The Foundation for Individual Rights and Expression (FIRE) sent a letter to Furman’s president on Oct. 5, saying the university has “violated its free expression promises” by placing professor Chris Healy on leave.
The full letter (included below) says photos that have surfaced from the Unite the Right rally show Healy “peacefully standing in a crowd of individuals.”
A photographer from the Associated Press and other journalists captured images and video of Healy standing among white supremacist groups at the 2017 rally, which later turned deadly. After the photos were posted by a group called “Ignite the Right,” Furman issued a statement saying a professor - who they did not name - would not be on campus or teaching while they investigated the professor’s alleged association “with other organizations that are connected with white supremacist groups that promote racism, exclusion and hatred.”
Healy, who said he is cooperating fully with Furman’s investigation, released the following statement:
“This event dealt with the question of keeping intact a statue of Robert E. Lee. All I did in attending the event was exercise my rights as an American citizen, and this episode has taught me that there are real enemies of free speech. In the USA, we are not guilty by association, but I feel like a butterfly being accused of starting a hurricane.”
Healy signed a waiver authorizing Furman to release information about his employment status and personnel files to FIRE, which has an advocacy team working with him.
“In investigating and banning Professor Healy from campus, Furman University has violated its own commitments to protect faculty free expression,” said FIRE program officer Sabrina Conza. “Faculty have the freedom to peaceably protest, and Furman cannot investigate him for his mere association with viewpoints it deems ‘harmful.’ What’s harmful is the university’s blatant violation of faculty rights.
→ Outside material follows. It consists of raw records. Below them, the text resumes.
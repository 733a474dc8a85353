//! Pools that are made, emptied, filled and unmade, call by call.
ghost use Rattle.std.specs.Prelude.{◌≡◌, ◌<◌, length, replicate};
ghost use Rattle.dp_pool.specs.Pools.{with_object};

use super::cases::{are_all, must, none_differs};
use super::memory::{end, is_whole, new_heap};
use PoolError::{BadCache, BadCount, BadSize};
use Step::{
    Clear, Fill, Full, Get, GetAndPutBulk, GetAny, GetBulk, In, IsOut, NumberAll, Numbered, Part,
    Put, Sizes, State, Write,
};
use dp_heap::Heap;
use dp_pool::{Pool, PoolError};
use dp_zone::{ZoneError, Zones};
use std::alloc::Global;
use std::process::Abort;

/// A call of a pool, and what it answers.
enum Step {
    /// This index is got, or none.
    Get(Option<u32>),
    /// An index is got that was in.
    GetAny,
    /// An index is put back that is out, or it is not out.
    Put(u32, bool),
    /// This number of indexes are got at once into a buffer of nines, no two of them alike, or none, and nothing changes.
    GetBulk(usize, bool),
    /// The same, and they are put back at once.
    GetAndPutBulk(usize, bool),
    /// This number of indexes are in the cache, and this number are in.
    State(u32, u32),
    /// This number are in.
    In(u32),
    /// The object is out, or not.
    IsOut(u32, bool),
    /// The number of objects, and their size.
    Sizes(u32, u32),
    /// The bytes of an object from an offset, in this number, are set to 0.
    Clear(u32, u32, u32),
    /// These are written into an object, from an offset on.
    Write(u32, u32, &'static [u8]),
    /// All bytes of an object are set to this.
    Fill(u32, u8),
    /// They are all this.
    Full(u32, u8),
    /// These are some of them, from an offset on.
    Part(u32, u32, &'static [u8]),
    /// A number of each object is written into it.
    NumberAll(u32),
    /// It is there, or not in all of them.
    Numbered(u32, bool),
}

/// The number of objects of a pool, their size and the cache's, and calls.
static SCRIPTS: [(u32, u32, u32, &[Step]); 6] = [
    // One at a time.
    (
        6,
        64,
        4,
        &[
            Sizes(6, 64),
            State(0, 6),
            GetAny,
            State(3, 5),
            GetAny,
            GetAny,
            GetAny,
            State(0, 2),
            GetAny,
            State(1, 1),
            GetAny,
            State(0, 0),
            Get(None),
            Put(0, true),
            Put(1, true),
            Put(2, true),
            Put(3, true),
            Put(4, true),
            State(5, 5),
            IsOut(4, false),
            IsOut(5, true),
            IsOut(6, false),
            Put(5, true),
            Put(5, false),
            State(4, 6),
        ],
    ),
    // In bulk.
    (
        6,
        64,
        4,
        &[
            GetBulk(7, false),
            State(0, 6),
            GetBulk(5, true),
            State(1, 1),
        ],
    ),
    // Without a cache.
    (
        1,
        64,
        0,
        &[
            Get(Some(0)),
            Get(None),
            State(0, 0),
            Put(0, true),
            State(0, 1),
            Get(Some(0)),
        ],
    ),
    // Objects stay apart.
    (
        2,
        100,
        0,
        &[
            Sizes(2, 100),
            Clear(0, 0, 100),
            Clear(1, 0, 100),
            Write(1, 98, &[1, 2]),
            Write(0, 0, &[3, 4, 5]),
            Clear(0, 1, 1),
            GetAny,
            Part(0, 0, &[3, 0, 5, 0]),
            Part(1, 96, &[0, 0, 1, 2]),
            Sizes(2, 100),
        ],
    ),
    // An object is lent.
    (
        3,
        64,
        0,
        &[
            Sizes(3, 64),
            Fill(0, 1),
            Fill(2, 1),
            Fill(1, 2),
            Full(0, 1),
            Full(1, 2),
            Full(2, 1),
            Sizes(3, 64),
        ],
    ),
    // Numbers in objects are read back.
    (
        40,
        100,
        8,
        &[
            Sizes(40, 100),
            NumberAll(1),
            Numbered(1, true),
            GetAndPutBulk(5, true),
            In(40),
            GetAndPutBulk(40, true),
            In(40),
            GetAndPutBulk(41, false),
            In(40),
            Numbered(1, true),
            Numbered(2, false),
            NumberAll(2),
            Numbered(2, true),
        ],
    ),
];

/// What the cache holds is in.
static EMPTIED_AND_FILLED: [Step; 26] = [
    GetAny,
    In(5),
    GetAny,
    In(4),
    GetAny,
    In(3),
    GetAny,
    In(2),
    GetAny,
    In(1),
    GetAny,
    In(0),
    Get(None),
    In(0),
    Put(3, true),
    In(1),
    Put(0, true),
    In(2),
    Put(5, true),
    In(3),
    Put(1, true),
    In(4),
    Put(4, true),
    In(5),
    Put(2, true),
    In(6),
];

fn get(pool: &mut Pool) -> Option<u32>
    ensures { pool.new.zones ≡ pool.old.zones }
{
    pool.get()
}

// Which of the first 40 objects are out, a bit each.
fn outs(pool: &Pool) -> u64 {
    let mut bits = 0u64;
    for index in 0..40u32 {
        if pool.is_out(index) {
            bits |= 1 << index;
        }
    }
    bits
}

// Gets an index; returns whether it was in before, is out now, and is the only one that changed.
fn get_any(pool: &mut Pool) -> bool
    ensures { pool.new.zones ≡ pool.old.zones }
{
    let before = outs(pool);
    match pool.get() {
        Some(index) if index < 40 => outs(pool) ^ before == 1 << index && pool.is_out(index),
        _ => false,
    }
}

// Puts an object back that is out; returns whether it was.
fn put(pool: &mut Pool, index: u32) -> bool
    ensures { pool.new.zones ≡ pool.old.zones }
{
    if !pool.is_out(index) {
        return false;
    }
    pool.put(index);
    true
}

// Whether the indexes are of 64 objects or fewer, and no two of them are alike.
fn are_distinct(indexes: &[u32], count: u32) -> bool {
    let mut bits = 0u64;
    for index in indexes {
        if *index >= count || *index >= 64 || bits & (1 << *index) != 0 {
            return false;
        }
        bits |= 1 << *index;
    }
    true
}

// Gets indexes, and puts them back if that is asked for; returns whether they are got as wanted.
fn get_bulk(pool: &mut Pool, number: usize, got: bool, and_put: bool) -> bool
    ensures { pool.new.zones ≡ pool.old.zones }
{
    let mut room = [9; 41];
    let Some(indexes) = room.get_mut(..number) else {
        return false;
    };
    let before = (pool.cached(), pool.available());
    if pool.get_bulk(indexes) {
        if and_put {
            pool.put_bulk(indexes);
        }
        got && are_distinct(indexes, pool.count())
    } else {
        !got && &*indexes == &[9u32; 41][..number] && (pool.cached(), pool.available()) == before
    }
}

fn clear(pool: &mut Pool, index: u32, at: u32, len: u32) -> bool
    ensures { pool.new.zones ≡ pool.old.zones }
{
    if index >= pool.count() || at > 100 || len > 100 || at + len > pool.size() {
        return false;
    }
    pool.clear(index, at, len);
    true
}

fn write(pool: &mut Pool, index: u32, at: u32, bytes: &[u8]) -> bool
    ensures { pool.new.zones ≡ pool.old.zones }
{
    if index >= pool.count()
        || at > 100
        || bytes.len() > 4
        || at + bytes.len() as u32 > pool.size()
    {
        return false;
    }
    pool.write(index, at, bytes);
    true
}

// Lends an object for writing, and leaves the others alone.
fn fill(pool: &mut Pool, index: u32, byte: u8)
    requires { index < length pool.old.objects }
    ensures { pool.new ≡ with_object pool.old index (replicate pool.old.size byte) }
{
    pool.object_mut(index).fill(byte);
}

fn fill_one(pool: &mut Pool, index: u32, byte: u8) -> bool
    ensures { pool.new.zones ≡ pool.old.zones }
{
    if index >= pool.count() {
        return false;
    }
    fill(pool, index, byte);
    true
}

fn is_full(pool: &Pool, index: u32, byte: u8) -> bool {
    index < pool.count()
        && pool.object(index).len() == pool.size() as usize
        && are_all(pool.object(index), byte)
}

fn has_part(pool: &Pool, index: u32, at: u32, part: &[u8]) -> bool {
    index < pool.count()
        && pool.object(index).len() == pool.size() as usize
        && match pool.object(index).get(at as usize..) {
            Some(rest) => rest.starts_with(part),
            None => false,
        }
}

// The number that is written into an object.
fn number_of(index: u32, round: u32) -> u32 {
    index.wrapping_mul(1_000_003).wrapping_add(round)
}

// Writes a number at the end of each of 40 objects of 100 bytes, if the pool has that many.
fn number_all(pool: &mut Pool, round: u32) -> bool
    ensures { pool.new.zones ≡ pool.old.zones }
{
    for index in 0..40u32 {
        if !write(pool, index, 96, &number_of(index, round).to_le_bytes()) {
            return false;
        }
    }
    true
}

// Whether each of them has its number.
fn are_numbered(pool: &Pool, round: u32) -> bool {
    for index in 0..40u32 {
        if !has_part(pool, index, 96, &number_of(index, round).to_le_bytes()) {
            return false;
        }
    }
    true
}

fn does(pool: &mut Pool, step: &Step) -> bool
    ensures { pool.new.zones ≡ pool.old.zones }
{
    match step {
        Get(index) => get(pool) == *index,
        GetAny => get_any(pool),
        Put(index, was_out) => put(pool, *index) == *was_out,
        GetBulk(number, got) => get_bulk(pool, *number, *got, false),
        GetAndPutBulk(number, got) => get_bulk(pool, *number, *got, true),
        State(cached, inside) => pool.cached() == *cached && pool.available() == *inside,
        In(inside) => pool.available() == *inside,
        IsOut(index, out) => pool.is_out(*index) == *out,
        Sizes(count, size) => pool.count() == *count && pool.size() == *size,
        Clear(index, at, len) => clear(pool, *index, *at, *len),
        Write(index, at, bytes) => write(pool, *index, *at, bytes),
        Fill(index, byte) => fill_one(pool, *index, *byte),
        Full(index, byte) => is_full(pool, *index, *byte),
        Part(index, at, bytes) => has_part(pool, *index, *at, bytes),
        NumberAll(round) => number_all(pool, *round),
        Numbered(round, all) => are_numbered(pool, *round) == *all,
    }
}

// The first step that is not as its row says, from 0, or after which the pool has another number or size of objects.
fn differs(pool: &mut Pool, steps: &[Step]) -> Option<usize>
    ensures { pool.new.zones ≡ pool.old.zones }
{
    let sizes = (pool.count(), pool.size());
    for (k, step) in steps.iter().enumerate() {
        if !does(pool, step) || (pool.count(), pool.size()) != sizes {
            return Some(k);
        }
    }
    None
}

// The same for a new pool of objects of a size, with a cache. Its zones are gone afterwards.
fn differs_in(
    rt: &impl Abort,
    alloc: Global,
    numbers: (u32, u32, u32),
    steps: &[Step],
) -> Option<usize> {
    let mut heap = new_heap(rt, alloc, 8192);
    let mut zones = Zones::new();
    let mut pool = Pool::make(&mut heap, &mut zones, "p", numbers.0, numbers.1, numbers.2).expect(
        rt, "a pool",
    );
    let first = differs(&mut pool, steps);
    pool.unmake(&mut heap, &mut zones);
    heap.close().close();
    let are_gone = zones.lookup("p.obj").is_none() && zones.lookup("p.ring").is_none();
    must(rt, are_gone, "the zones are gone");
    first
}

#[test]
fn scripts(rt: HostRuntime) {
    for (k, (count, size, cache, steps)) in SCRIPTS.iter().enumerate() {
        let first = differs_in(&rt, rt.alloc(), (*count, *size, *cache), steps);
        none_differs(&rt, k, first);
    }
}

#[test]
fn what_the_cache_holds_is_in(rt: HostRuntime) {
    for cache in 0..5u32 {
        let first = differs_in(&rt, rt.alloc(), (6, 64, cache), &EMPTIED_AND_FILLED);
        none_differs(&rt, cache as usize, first);
    }
}

/// Pools that are refused, or made and unmade at once, in a heap of 4,096 bytes: the name, the number of objects, their size and the cache's.
static REFUSED_IN_ORDER: [(&str, u32, u32, u32, Option<PoolError>); 13] = [
    ("p", 0, 0, 513, Some(BadCount)),
    ("p", 65_536, 64, 0, Some(BadCount)),
    ("p", 6, 0, 513, Some(BadSize)),
    ("p", 6, 4225, 0, Some(BadSize)),
    ("p", 5, 64, 4, Some(BadCache)),
    ("p", 1, 64, 1, Some(BadCache)),
    ("p", 1000, 64, 513, Some(BadCache)),
    ("p", 63, 64, 0, Some(PoolError::Zone(ZoneError::NoRoom))),
    ("p", 62, 64, 0, Some(PoolError::Zone(ZoneError::NoRoom))),
    ("p", 6, 64, 4, None),
    (
        "abcdefghijklmnopqrstuvwxyz1",
        6,
        64,
        4,
        Some(PoolError::Zone(ZoneError::BadName)),
    ),
    ("abcdefghijklmnopqrstuvwxyz", 6, 64, 4, None),
    (
        "abcdefghijklmnopqrstuvwxyz12",
        6,
        64,
        4,
        Some(PoolError::Zone(ZoneError::BadName)),
    ),
];

/// The same where the name of one of its two zones is taken.
static BESIDE_Q_RING: [(&str, u32, u32, u32, Option<PoolError>); 1] = [(
    "q",
    6,
    64,
    4,
    Some(PoolError::Zone(ZoneError::Exists)),
)];

// Why a pool with these numbers is refused. If it is not, it is unmade at once.
fn refusal(
    heap: &mut Heap,
    zones: &mut Zones,
    name: &str,
    numbers: (u32, u32, u32),
) -> Option<PoolError>
    ensures { heap.new.home ≡ heap.old.home }
{
    match Pool::make(heap, zones, name, numbers.0, numbers.1, numbers.2) {
        Ok(pool) => {
            pool.unmake(heap, zones);
            None
        }
        Err(error) => Some(error),
    }
}

// The first pool that is not as its row says, from 0, or of which a zone is left.
fn differs_at(
    heap: &mut Heap,
    zones: &mut Zones,
    rows: &[(&'static str, u32, u32, u32, Option<PoolError>)],
) -> Option<usize>
    ensures { heap.new.home ≡ heap.old.home }
{
    let count = zones.count();
    for (k, (name, objects, size, cache, why)) in rows.iter().enumerate() {
        let refused = refusal(heap, zones, name, (*objects, *size, *cache));
        if refused != *why || zones.count() != count {
            return Some(k);
        }
    }
    None
}

#[test]
fn refused_in_order(rt: HostRuntime) {
    let mut heap = new_heap(&rt, rt.alloc(), 4096);
    let mut zones = Zones::new();
    let first = differs_at(&mut heap, &mut zones, &REFUSED_IN_ORDER);
    none_differs(&rt, 0, first);
    must(&rt, is_whole(&heap), "the heap is whole");
    let zone = zones
        .reserve(&mut heap, "q.ring", 64, 0)
        .expect(&rt, "q.ring");
    let first = differs_at(&mut heap, &mut zones, &BESIDE_Q_RING);
    zones.give_back(&mut heap, zone);
    end(&rt, heap);
    none_differs(&rt, 1, first);
}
Furman must immediately end its investigation and return Healy to the classroom.”
Read the full letter FIRE sent to Furman University below:
Furman University issued the following statement regarding the letter:
“As the president said in her message last Friday, this professor will not teach or be on campus as we gather the facts and determine next steps. We’re taking every measure to make sure there are limited disruptions for students, faculty and staff, and that our community comes through this even stronger than we were before.”
FIRE requested a response from Furman University by the close-of-business on Wednesday, Oct. 12.
As of Thursday, Furman University had not replied to the organization.